(Dataset entries)
◆ ◆ ◆ ◆ ◆ ◆ ◆

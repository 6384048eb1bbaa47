//! What an operator reads of the store's condition, and when.
ghost use Rattle.std.specs.Prelude.{◌≡◌, ◌≢◌, ◌↔◌, ◌<◌, IfNone, IfSome, IsSome, IsTrue, None};
ghost use Rattle.psu_bench.specs.Lines.{IsDue, condition_shown, due_line, with_change, with_line};
ghost use Rattle.psu_bench.specs.Reopenings.{left_of_second};
ghost use Rattle.psu_bench.specs.declared.condition_lines.ReportedCondition.TheVariants.{Works};

use crate::JobEnding;
use crate::reopenings::left_of_second;
use std::fmt;
use thiserror::Error;

/// The condition of the store, as it is reported to an operator on standard error once it has changed.
#[derive(Clone, Copy, Debug, PartialEq, Eq, Error)]
pub enum ReportedCondition {
    /// Changes are stored. This is reported only after another condition was.
    #[error("store reopened")]
    Works,
    /// A call of the disk failed: changes are refused until the store is opened again.
    #[error("store broken")]
    Broken,
    /// Its numbers are used up: no more changes are stored.
    #[error("store worn")]
    Worn,
}

impl ReportedCondition {
    /// Returns the condition that the end of a job shows; none after a reopening, since a disk without room can be read
    /// and synced, but stores nothing.
    pub fn shown_by(ending: JobEnding) -> Option<ReportedCondition>
        ensures { result ≡ condition_shown ending }
    {
        match ending {
            JobEnding::Stored => Some(ReportedCondition::Works),
            JobEnding::Broken => Some(ReportedCondition::Broken),
            JobEnding::Worn => Some(ReportedCondition::Worn),
            JobEnding::Reopened | JobEnding::OutOfMemory => None,
        }
    }
}

/// A line on the store's condition for an operator.
#[derive(Clone, Copy, Debug, PartialEq, Eq)]
pub struct ConditionLine {
    /// The latest condition.
    pub condition: ReportedCondition,
    /// How often the condition has changed since the line before.
    pub changes: u64,
}

impl fmt::Display for ConditionLine {
    fn fmt<W: fmt::Write>(&self, f: &mut fmt::Formatter<W>) -> fmt::Result {
        let condition = self.condition;
        let changes = self.changes;
        write!(f, "{condition}")?;
        if changes > 1 {
            write!(f, " (changed {changes} times)")?;
        }
        Ok(())
    }
}

/// Which lines on the store's condition an operator is to read, and when: at most one a second, with how often the
/// condition has changed since the line before.
#[derive(Clone, Copy, Debug, PartialEq, Eq)]
pub struct ConditionLines {
    // The condition at present.
    latest: ReportedCondition,
    // How often it has changed since the last line.
    changes: u64,
    // When the last line was due, in milliseconds.
    last: Option<u64>,
}

impl ConditionLines {
    /// Returns that the store works, and that no line was due yet.
    pub fn new() -> ConditionLines
        ensures latest { result.latest ≡ Works }
        ensures changes { result.changes ≡ 0 }
        ensures last { result.last ≡ None }
    {
        ConditionLines {
            latest: ReportedCondition::Works,
            changes: 0,
            last: None,
        }
    }

    /// Notes the condition that the store has now.
    pub fn note(&mut self, condition: ReportedCondition)
        ensures same { condition ≡ self.old.latest → self.new ≡ self.old }
        ensures change { condition ≢ self.old.latest → self.new ≡ with_change self.old condition }
    {
        if condition != self.latest {
            self.latest = condition;
            self.changes = self.changes.saturating_add(1);
        }
    }

    /// Whether the condition has changed since the last line.
    pub fn has_changed(&self) -> bool
        ensures { IsTrue result ↔ (0 < self.now.changes) }
    {
        self.changes > 0
    }

    /// Returns how many milliseconds it is until a line may be due.
    pub fn time_left(&self, now: u64) -> u64
        ensures { result ≡ left_of_second self.now.last now }
    {
        left_of_second(self.last, now)
    }

    /// Returns the line that is due at this time, if one is. It is then the last one.
    pub fn line_due(&mut self, now: u64) -> Option<ConditionLine>
        ensures due { IsSome result ↔ IsDue self.old now }
        ensures line { IfSome result (λ line. line ≡ due_line self.old) }
        ensures last { IfSome result (λ _. self.new ≡ with_line self.old now) }
        ensures none { IfNone result (self.new ≡ self.old) }
    {
        if !self.has_changed() || self.time_left(now) > 0 {
            return None;
        }
        let line = ConditionLine {
            condition: self.latest,
            changes: self.changes,
        };
        self.changes = 0;
        self.last = Some(now);
        Some(line)
    }
}
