//! The power-on of a served device.
ghost use Rattle.std.specs.Prelude.{IfOk};
ghost use Rattle.psu_bench.specs.PowerOn.{BeginsWith};

use crate::{Access, Bench, Gate, Gated, Served};
use psu_disk::Disk;
use psu_exec::{Exec, StartFault};
use psu_items::Store;
use std::alloc::Global;
use std::sync::Arc;

/// Powers a device on with the contents of a disk, and returns the first access to it. The device begins in the state
/// at power-on that these contents prescribe, with no session and no lock (IEEE 488.2, 5.12), and its history has no
/// call.
pub fn power_on<D: Disk + Drop, G: Gate + Drop>(
    alloc: Global,
    disk: D,
    gate: G,
) -> Result<Access<Served<D, G>>, StartFault>
    ensures begins { D.honest → IfOk result (λ access. BeginsWith (D.state disk).bytes access.seat) }
{
    let Ok(gate) = Arc::new(alloc, gate) else {
        return Err(StartFault::Memory);
    };
    let disk = Gated::new(disk, Arc::try_clone(&gate)?);
    let store = match Store::open(alloc, disk) {
        Ok(store) => store,
        Err(refused) => return Err(StartFault::from(refused.cause)),
    };
    let exec = match Exec::power_on(alloc, store) {
        Ok(exec) => exec,
        Err(refused) => return Err(StartFault::from(refused.cause)),
    };
    let Ok((bench, seat)) = Bench::new(alloc, exec) else {
        return Err(StartFault::Memory);
    };
    match Arc::new(alloc, bench) {
        Ok(bench) => Ok(Access { bench, seat, gate }),
        Err(_refused) => Err(StartFault::Memory),
    }
}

◆ ◆ ◆ ◆ ◆ ◆ ◆

◆ EXERCISE DETAILS ◆
All lines in the entries above that hold the word "milliseconds" need to be copied.

◆ RESULT ◆
    // When the last line was due, in milliseconds.
    /// Returns how many milliseconds it is until a line may be due.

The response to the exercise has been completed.